## EXERCISE
Repeat the data in full. No line may differ from the original.

## MATERIAL PROVIDED
.....

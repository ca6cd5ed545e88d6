//! Words, formats and generated lines.

use ga_base::{Bytes, FormatFault, FormatItem, LeafFault, Needed, NoMemory, Text, Texts};
use ga_conf::{ConfFault, read_conf};
use ga_dates::{
    DateFormat, TimeFormat, compile_date, compile_time, read_both, read_date, read_time,
};
use ga_format::{Format, compile};
use ga_generate::{generate, summary};
use ga_report::General;
use ga_words::{
    Kind, OptionForm, Output, Settings, WordFault, form_of, read_words, scan_words, takes_value,
};
use std::alloc::Global;

/// What words say.
pub fn settings_of(alloc: Global, words: &[Text]) -> Result<Settings, WordFault> {
    read_words(alloc, words)
}

/// The configuration file that words name.
pub fn file_of(alloc: Global, words: &[Text]) -> Result<Option<Text>, WordFault> {
    scan_words(alloc, words)
}

/// The words of a configuration file.
pub fn words_of(alloc: Global, bytes: &[u8]) -> Result<Texts, ConfFault> {
    read_conf(alloc, bytes)
}

/// Whether an option takes a value, and this one.
pub fn is_setting(alloc: Global, name: &str, value: &str) -> Result<bool, NoMemory> {
    match form_of(name) {
        Some(OptionForm::Value) => takes_value(alloc, name, value),
        Some(OptionForm::Flag) | None => Ok(false),
    }
}

/// The faults of configuration files.
pub const CONF_FAULTS: [ConfFault; 2] = [ConfFault::BadConf { line: 1 }, ConfFault::NoMemory];

/// The number of logs of settings.
pub fn logs_of(settings: &Settings) -> usize {
    let Settings {
        log_format: _,
        date_format: _,
        time_format: _,
        output: Output { kind: _, name: _ },
        browsers_file: _,
        config_file: _,
        statics: _,
        all_static: _,
        ranges: _,
        no_query: _,
        ignore_crawlers: _,
        ignore_status: _,
        panels: _,
        date_spec: _,
        hour_spec: _,
        no_ip_validation: _,
        strict_status: _,
        count_4xx: _,
        as_404: _,
        double_decode: _,
        max_items: _,
        jobs: _,
        chunk: _,
        persist: _,
        restore: _,
        keep: _,
        db_path: _,
        generate: _,
        logs,
    } = settings;
    logs.items().len()
}

/// The kinds of output.
pub const KINDS: [Kind; 2] = [Kind::Json, Kind::Csv];

/// The faults of words.
pub const WORD_FAULTS: [WordFault; 7] = [
    WordFault::UnknownOption { at: 0 },
    WordFault::MissingValue { at: 0 },
    WordFault::BadValue { at: 0 },
    WordFault::NoFormat,
    WordFault::NoInput,
    WordFault::Conflict { at: 0 },
    WordFault::NoMemory,
];

/// The faults of formats.
pub const FORMAT_FAULTS: [FormatFault; 11] = [
    FormatFault::UnknownSpecifier { at: 0 },
    FormatFault::Repeated { at: 0 },
    FormatFault::NoDelimiter { at: 0 },
    FormatFault::Missing {
        field: Needed::Host,
    },
    FormatFault::Missing {
        field: Needed::Date,
    },
    FormatFault::Missing {
        field: Needed::Request,
    },
    FormatFault::BadDirective { at: 0 },
    FormatFault::NotJson,
    FormatFault::BadShape { leaf: 0 },
    FormatFault::Leaf {
        leaf: 0,
        kind: LeafFault::Unknown,
        at: 0,
    },
    FormatFault::NoMemory,
];

/// What an item of a format is for.
pub fn byte_of(item: &FormatItem) -> Option<u8> {
    match item {
        FormatItem::Literal(byte) | FormatItem::Field(byte) => Some(*byte),
        FormatItem::Skip => None,
        FormatItem::Forwarded(bytes) => bytes.bytes().first().copied(),
    }
}

/// The format of a log.
pub fn format_of(alloc: Global, text: &Text) -> Result<Format, FormatFault> {
    compile(alloc, text)
}

/// Its items.
pub fn items(format: &Format) -> &[FormatItem] {
    format.items()
}

/// The format of a date.
pub fn date_format(alloc: Global, text: &Text) -> Result<DateFormat, FormatFault> {
    compile_date(alloc, text)
}

/// The format of a time.
pub fn time_format(alloc: Global, text: &Text) -> Result<TimeFormat, FormatFault> {
    compile_time(alloc, text)
}

/// A date by its format.
pub fn date_in(format: &DateFormat, text: &[u8]) -> Option<u32> {
    read_date(format, text)
}

/// A time by its format.
pub fn minute_in(format: &TimeFormat, text: &[u8]) -> Option<u32> {
    read_time(format, text)
}

/// A date and a time after it.
pub fn both_in(date: &DateFormat, time: &TimeFormat, text: &[u8]) -> Option<(u32, u32)> {
    read_both(date, time, text)
}

/// Generated lines.
pub fn generated(alloc: Global, n: u32) -> Result<Bytes, NoMemory> {
    generate(alloc, n)
}

/// What is printed of a report on them.
pub fn generated_summary(
    alloc: Global,
    n: u32,
    general: &General,
    json: &[u8],
) -> Result<Bytes, NoMemory> {
    summary(alloc, n, general, json)
}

.....

## SOLUTION TO THE EXERCISE
repository ca6cd5ed545e88d6
//! Words, formats and generated lines.

use ga_base::{Bytes, FormatFault, FormatItem, LeafFault, Needed, NoMemory, Text, Texts};
use ga_conf::{ConfFault, read_conf};
use ga_dates::{
    DateFormat, TimeFormat, compile_date, compile_time, read_both, read_date, read_time,
};
use ga_format::{Format, compile};
use ga_generate::{generate, summary};
use ga_report::General;
use ga_words::{
    Kind, OptionForm, Output, Settings, WordFault, form_of, read_words, scan_words, takes_value,
};
use std::alloc::Global;

/// What words say.
pub fn settings_of(alloc: Global, words: &[Text]) -> Result<Settings, WordFault> {
    read_words(alloc, words)
}

/// The configuration file that words name.
pub fn file_of(alloc: Global, words: &[Text]) -> Result<Option<Text>, WordFault> {
    scan_words(alloc, words)
}

/// The words of a configuration file.
pub fn words_of(alloc: Global, bytes: &[u8]) -> Result<Texts, ConfFault> {
    read_conf(alloc, bytes)
}

/// Whether an option takes a value, and this one.
pub fn is_setting(alloc: Global, name: &str, value: &str) -> Result<bool, NoMemory> {
    match form_of(name) {
        Some(OptionForm::Value) => takes_value(alloc, name, value),
        Some(OptionForm::Flag) | None => Ok(false),
    }
}

/// The faults of configuration files.
pub const CONF_FAULTS: [ConfFault; 2] = [ConfFault::BadConf { line: 1 }, ConfFault::NoMemory];

/// The number of logs of settings.
pub fn logs_of(settings: &Settings) -> usize {
    let Settings {
        log_format: _,
        date_format: _,
        time_format: _,
        output: Output { kind: _, name: _ },
        browsers_file: _,
        config_file: _,
        statics: _,
        all_static: _,
        ranges: _,
        no_query: _,
        ignore_crawlers: _,
        ignore_status: _,
        panels: _,
        date_spec: _,
        hour_spec: _,
        no_ip_validation: _,
        strict_status: _,
        count_4xx: _,
        as_404: _,
        double_decode: _,
        max_items: _,
        jobs: _,
        chunk: _,
        persist: _,
        restore: _,
        keep: _,
        db_path: _,
        generate: _,
        logs,
    } = settings;
    logs.items().len()
}

/// The kinds of output.
pub const KINDS: [Kind; 2] = [Kind::Json, Kind::Csv];

/// The faults of words.
pub const WORD_FAULTS: [WordFault; 7] = [
    WordFault::UnknownOption { at: 0 },
    WordFault::MissingValue { at: 0 },
    WordFault::BadValue { at: 0 },
    WordFault::NoFormat,
    WordFault::NoInput,
    WordFault::Conflict { at: 0 },
    WordFault::NoMemory,
];

/// The faults of formats.
pub const FORMAT_FAULTS: [FormatFault; 11] = [
    FormatFault::UnknownSpecifier { at: 0 },
    FormatFault::Repeated { at: 0 },
    FormatFault::NoDelimiter { at: 0 },
    FormatFault::Missing {
        field: Needed::Host,
    },
    FormatFault::Missing {
        field: Needed::Date,
    },
    FormatFault::Missing {
        field: Needed::Request,
    },
    FormatFault::BadDirective { at: 0 },
    FormatFault::NotJson,
    FormatFault::BadShape { leaf: 0 },
    FormatFault::Leaf {
        leaf: 0,
        kind: LeafFault::Unknown,
        at: 0,
    },
    FormatFault::NoMemory,
];

/// What an item of a format is for.
pub fn byte_of(item: &FormatItem) -> Option<u8> {
    match item {
        FormatItem::Literal(byte) | FormatItem::Field(byte) => Some(*byte),
        FormatItem::Skip => None,
        FormatItem::Forwarded(bytes) => bytes.bytes().first().copied(),
    }
}

/// The format of a log.
pub fn format_of(alloc: Global, text: &Text) -> Result<Format, FormatFault> {
    compile(alloc, text)
}

/// Its items.
pub fn items(format: &Format) -> &[FormatItem] {
    format.items()
}

/// The format of a date.
pub fn date_format(alloc: Global, text: &Text) -> Result<DateFormat, FormatFault> {
    compile_date(alloc, text)
}

/// The format of a time.
pub fn time_format(alloc: Global, text: &Text) -> Result<TimeFormat, FormatFault> {
    compile_time(alloc, text)
}

/// A date by its format.
pub fn date_in(format: &DateFormat, text: &[u8]) -> Option<u32> {
    read_date(format, text)
}

/// A time by its format.
pub fn minute_in(format: &TimeFormat, text: &[u8]) -> Option<u32> {
    read_time(format, text)
}

/// A date and a time after it.
pub fn both_in(date: &DateFormat, time: &TimeFormat, text: &[u8]) -> Option<(u32, u32)> {
    read_both(date, time, text)
}

/// Generated lines.
pub fn generated(alloc: Global, n: u32) -> Result<Bytes, NoMemory> {
    generate(alloc, n)
}

/// What is printed of a report on them.
pub fn generated_summary(
    alloc: Global,
    n: u32,
    general: &General,
    json: &[u8],
) -> Result<Bytes, NoMemory> {
    summary(alloc, n, general, json)
}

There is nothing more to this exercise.